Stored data
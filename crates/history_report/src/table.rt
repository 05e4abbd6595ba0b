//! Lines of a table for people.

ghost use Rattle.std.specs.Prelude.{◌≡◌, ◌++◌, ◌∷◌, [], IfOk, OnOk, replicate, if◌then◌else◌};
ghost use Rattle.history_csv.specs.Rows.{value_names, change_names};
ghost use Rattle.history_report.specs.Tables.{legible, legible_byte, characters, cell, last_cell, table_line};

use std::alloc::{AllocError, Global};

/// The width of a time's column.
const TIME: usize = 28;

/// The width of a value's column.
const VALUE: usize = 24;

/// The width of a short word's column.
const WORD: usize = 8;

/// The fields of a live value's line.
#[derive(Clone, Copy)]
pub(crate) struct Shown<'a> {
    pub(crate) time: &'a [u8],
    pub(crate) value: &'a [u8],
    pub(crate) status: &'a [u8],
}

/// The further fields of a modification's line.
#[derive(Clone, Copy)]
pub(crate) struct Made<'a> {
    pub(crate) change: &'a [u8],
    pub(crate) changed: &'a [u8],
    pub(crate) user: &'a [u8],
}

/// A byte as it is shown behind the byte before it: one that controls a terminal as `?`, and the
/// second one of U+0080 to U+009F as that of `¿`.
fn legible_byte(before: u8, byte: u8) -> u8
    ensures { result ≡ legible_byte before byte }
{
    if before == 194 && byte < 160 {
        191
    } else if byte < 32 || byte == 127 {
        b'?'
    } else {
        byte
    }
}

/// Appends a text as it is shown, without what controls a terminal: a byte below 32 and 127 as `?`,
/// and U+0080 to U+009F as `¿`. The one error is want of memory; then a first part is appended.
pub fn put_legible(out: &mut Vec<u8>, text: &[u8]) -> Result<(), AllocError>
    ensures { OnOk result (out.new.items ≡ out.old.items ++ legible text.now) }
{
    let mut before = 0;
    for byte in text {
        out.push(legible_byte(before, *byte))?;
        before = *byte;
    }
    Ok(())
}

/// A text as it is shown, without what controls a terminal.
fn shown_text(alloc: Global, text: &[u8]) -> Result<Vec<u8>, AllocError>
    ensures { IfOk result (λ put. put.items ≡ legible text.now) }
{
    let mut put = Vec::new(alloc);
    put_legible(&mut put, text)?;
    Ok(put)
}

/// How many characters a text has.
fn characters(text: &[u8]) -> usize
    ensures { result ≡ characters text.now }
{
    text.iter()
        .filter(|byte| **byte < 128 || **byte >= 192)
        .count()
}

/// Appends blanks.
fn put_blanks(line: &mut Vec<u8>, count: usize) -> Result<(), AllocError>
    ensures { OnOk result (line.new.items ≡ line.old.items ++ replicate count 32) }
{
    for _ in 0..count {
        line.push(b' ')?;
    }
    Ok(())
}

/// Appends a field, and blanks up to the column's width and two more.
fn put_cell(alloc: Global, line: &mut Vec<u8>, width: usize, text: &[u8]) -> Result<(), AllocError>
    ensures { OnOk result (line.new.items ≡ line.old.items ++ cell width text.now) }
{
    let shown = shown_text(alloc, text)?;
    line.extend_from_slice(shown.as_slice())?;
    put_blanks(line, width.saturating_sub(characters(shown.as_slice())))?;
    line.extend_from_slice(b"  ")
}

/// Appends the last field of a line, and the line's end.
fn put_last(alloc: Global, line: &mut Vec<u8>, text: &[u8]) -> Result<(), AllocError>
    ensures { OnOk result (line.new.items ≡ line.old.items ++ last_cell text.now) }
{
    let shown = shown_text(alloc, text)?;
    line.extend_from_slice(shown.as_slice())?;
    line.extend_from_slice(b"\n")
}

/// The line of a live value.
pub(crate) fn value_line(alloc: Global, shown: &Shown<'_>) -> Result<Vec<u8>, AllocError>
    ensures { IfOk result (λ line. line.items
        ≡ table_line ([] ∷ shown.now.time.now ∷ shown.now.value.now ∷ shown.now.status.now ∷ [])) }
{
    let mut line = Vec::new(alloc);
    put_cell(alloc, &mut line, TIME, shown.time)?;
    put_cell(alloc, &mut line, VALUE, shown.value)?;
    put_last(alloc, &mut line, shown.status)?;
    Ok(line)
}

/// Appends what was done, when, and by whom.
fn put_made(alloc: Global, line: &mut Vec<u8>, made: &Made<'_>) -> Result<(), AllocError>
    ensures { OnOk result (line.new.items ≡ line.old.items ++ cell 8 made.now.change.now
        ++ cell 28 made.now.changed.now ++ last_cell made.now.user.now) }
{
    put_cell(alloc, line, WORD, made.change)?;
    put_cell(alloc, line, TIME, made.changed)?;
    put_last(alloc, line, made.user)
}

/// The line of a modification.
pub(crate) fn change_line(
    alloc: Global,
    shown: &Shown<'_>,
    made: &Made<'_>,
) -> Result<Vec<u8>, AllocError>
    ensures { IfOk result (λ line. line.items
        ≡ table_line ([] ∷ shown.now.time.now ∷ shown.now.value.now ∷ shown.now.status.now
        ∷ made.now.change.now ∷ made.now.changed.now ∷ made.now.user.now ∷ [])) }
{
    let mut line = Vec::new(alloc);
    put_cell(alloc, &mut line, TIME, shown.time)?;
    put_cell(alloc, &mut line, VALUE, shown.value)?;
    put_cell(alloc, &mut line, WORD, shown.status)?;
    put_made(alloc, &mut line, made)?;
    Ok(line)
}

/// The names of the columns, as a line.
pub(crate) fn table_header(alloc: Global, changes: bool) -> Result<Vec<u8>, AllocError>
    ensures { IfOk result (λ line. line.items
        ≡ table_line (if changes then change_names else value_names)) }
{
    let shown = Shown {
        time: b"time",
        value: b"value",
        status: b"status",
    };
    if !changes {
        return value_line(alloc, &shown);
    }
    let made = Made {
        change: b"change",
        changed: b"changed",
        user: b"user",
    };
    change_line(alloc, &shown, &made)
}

What to do.
Without altering a single character, write out every record above.

Exercise solution.
filename crates/history_report/src/table.rt
repository 05e4abbd6595ba0b
//! Lines of a table for people.

ghost use Rattle.std.specs.Prelude.{◌≡◌, ◌++◌, ◌∷◌, [], IfOk, OnOk, replicate, if◌then◌else◌};
ghost use Rattle.history_csv.specs.Rows.{value_names, change_names};
ghost use Rattle.history_report.specs.Tables.{legible, legible_byte, characters, cell, last_cell, table_line};

use std::alloc::{AllocError, Global};

/// The width of a time's column.
const TIME: usize = 28;

/// The width of a value's column.
const VALUE: usize = 24;

/// The width of a short word's column.
const WORD: usize = 8;

/// The fields of a live value's line.
#[derive(Clone, Copy)]
pub(crate) struct Shown<'a> {
    pub(crate) time: &'a [u8],
    pub(crate) value: &'a [u8],
    pub(crate) status: &'a [u8],
}

/// The further fields of a modification's line.
#[derive(Clone, Copy)]
pub(crate) struct Made<'a> {
    pub(crate) change: &'a [u8],
    pub(crate) changed: &'a [u8],
    pub(crate) user: &'a [u8],
}

/// A byte as it is shown behind the byte before it: one that controls a terminal as `?`, and the
/// second one of U+0080 to U+009F as that of `¿`.
fn legible_byte(before: u8, byte: u8) -> u8
    ensures { result ≡ legible_byte before byte }
{
    if before == 194 && byte < 160 {
        191
    } else if byte < 32 || byte == 127 {
        b'?'
    } else {
        byte
    }
}

/// Appends a text as it is shown, without what controls a terminal: a byte below 32 and 127 as `?`,
/// and U+0080 to U+009F as `¿`. The one error is want of memory; then a first part is appended.
pub fn put_legible(out: &mut Vec<u8>, text: &[u8]) -> Result<(), AllocError>
    ensures { OnOk result (out.new.items ≡ out.old.items ++ legible text.now) }
{
    let mut before = 0;
    for byte in text {
        out.push(legible_byte(before, *byte))?;
        before = *byte;
    }
    Ok(())
}

/// A text as it is shown, without what controls a terminal.
fn shown_text(alloc: Global, text: &[u8]) -> Result<Vec<u8>, AllocError>
    ensures { IfOk result (λ put. put.items ≡ legible text.now) }
{
    let mut put = Vec::new(alloc);
    put_legible(&mut put, text)?;
    Ok(put)
}

/// How many characters a text has.
fn characters(text: &[u8]) -> usize
    ensures { result ≡ characters text.now }
{
    text.iter()
        .filter(|byte| **byte < 128 || **byte >= 192)
        .count()
}

/// Appends blanks.
fn put_blanks(line: &mut Vec<u8>, count: usize) -> Result<(), AllocError>
    ensures { OnOk result (line.new.items ≡ line.old.items ++ replicate count 32) }
{
    for _ in 0..count {
        line.push(b' ')?;
    }
    Ok(())
}

/// Appends a field, and blanks up to the column's width and two more.
fn put_cell(alloc: Global, line: &mut Vec<u8>, width: usize, text: &[u8]) -> Result<(), AllocError>
    ensures { OnOk result (line.new.items ≡ line.old.items ++ cell width text.now) }
{
    let shown = shown_text(alloc, text)?;
    line.extend_from_slice(shown.as_slice())?;
    put_blanks(line, width.saturating_sub(characters(shown.as_slice())))?;
    line.extend_from_slice(b"  ")
}

/// Appends the last field of a line, and the line's end.
fn put_last(alloc: Global, line: &mut Vec<u8>, text: &[u8]) -> Result<(), AllocError>
    ensures { OnOk result (line.new.items ≡ line.old.items ++ last_cell text.now) }
{
    let shown = shown_text(alloc, text)?;
    line.extend_from_slice(shown.as_slice())?;
    line.extend_from_slice(b"\n")
}

/// The line of a live value.
pub(crate) fn value_line(alloc: Global, shown: &Shown<'_>) -> Result<Vec<u8>, AllocError>
    ensures { IfOk result (λ line. line.items
        ≡ table_line ([] ∷ shown.now.time.now ∷ shown.now.value.now ∷ shown.now.status.now ∷ [])) }
{
    let mut line = Vec::new(alloc);
    put_cell(alloc, &mut line, TIME, shown.time)?;
    put_cell(alloc, &mut line, VALUE, shown.value)?;
    put_last(alloc, &mut line, shown.status)?;
    Ok(line)
}

/// Appends what was done, when, and by whom.
fn put_made(alloc: Global, line: &mut Vec<u8>, made: &Made<'_>) -> Result<(), AllocError>
    ensures { OnOk result (line.new.items ≡ line.old.items ++ cell 8 made.now.change.now
        ++ cell 28 made.now.changed.now ++ last_cell made.now.user.now) }
{
    put_cell(alloc, line, WORD, made.change)?;
    put_cell(alloc, line, TIME, made.changed)?;
    put_last(alloc, line, made.user)
}

/// The line of a modification.
pub(crate) fn change_line(
    alloc: Global,
    shown: &Shown<'_>,
    made: &Made<'_>,
) -> Result<Vec<u8>, AllocError>
    ensures { IfOk result (λ line. line.items
        ≡ table_line ([] ∷ shown.now.time.now ∷ shown.now.value.now ∷ shown.now.status.now
        ∷ made.now.change.now ∷ made.now.changed.now ∷ made.now.user.now ∷ [])) }
{
    let mut line = Vec::new(alloc);
    put_cell(alloc, &mut line, TIME, shown.time)?;
    put_cell(alloc, &mut line, VALUE, shown.value)?;
    put_cell(alloc, &mut line, WORD, shown.status)?;
    put_made(alloc, &mut line, made)?;
    Ok(line)
}

/// The names of the columns, as a line.
pub(crate) fn table_header(alloc: Global, changes: bool) -> Result<Vec<u8>, AllocError>
    ensures { IfOk result (λ line. line.items
        ≡ table_line (if changes then change_names else value_names)) }
{
    let shown = Shown {
        time: b"time",
        value: b"value",
        status: b"status",
    };
    if !changes {
        return value_line(alloc, &shown);
    }
    let made = Made {
        change: b"change",
        changed: b"changed",
        user: b"user",
    };
    change_line(alloc, &shown, &made)
}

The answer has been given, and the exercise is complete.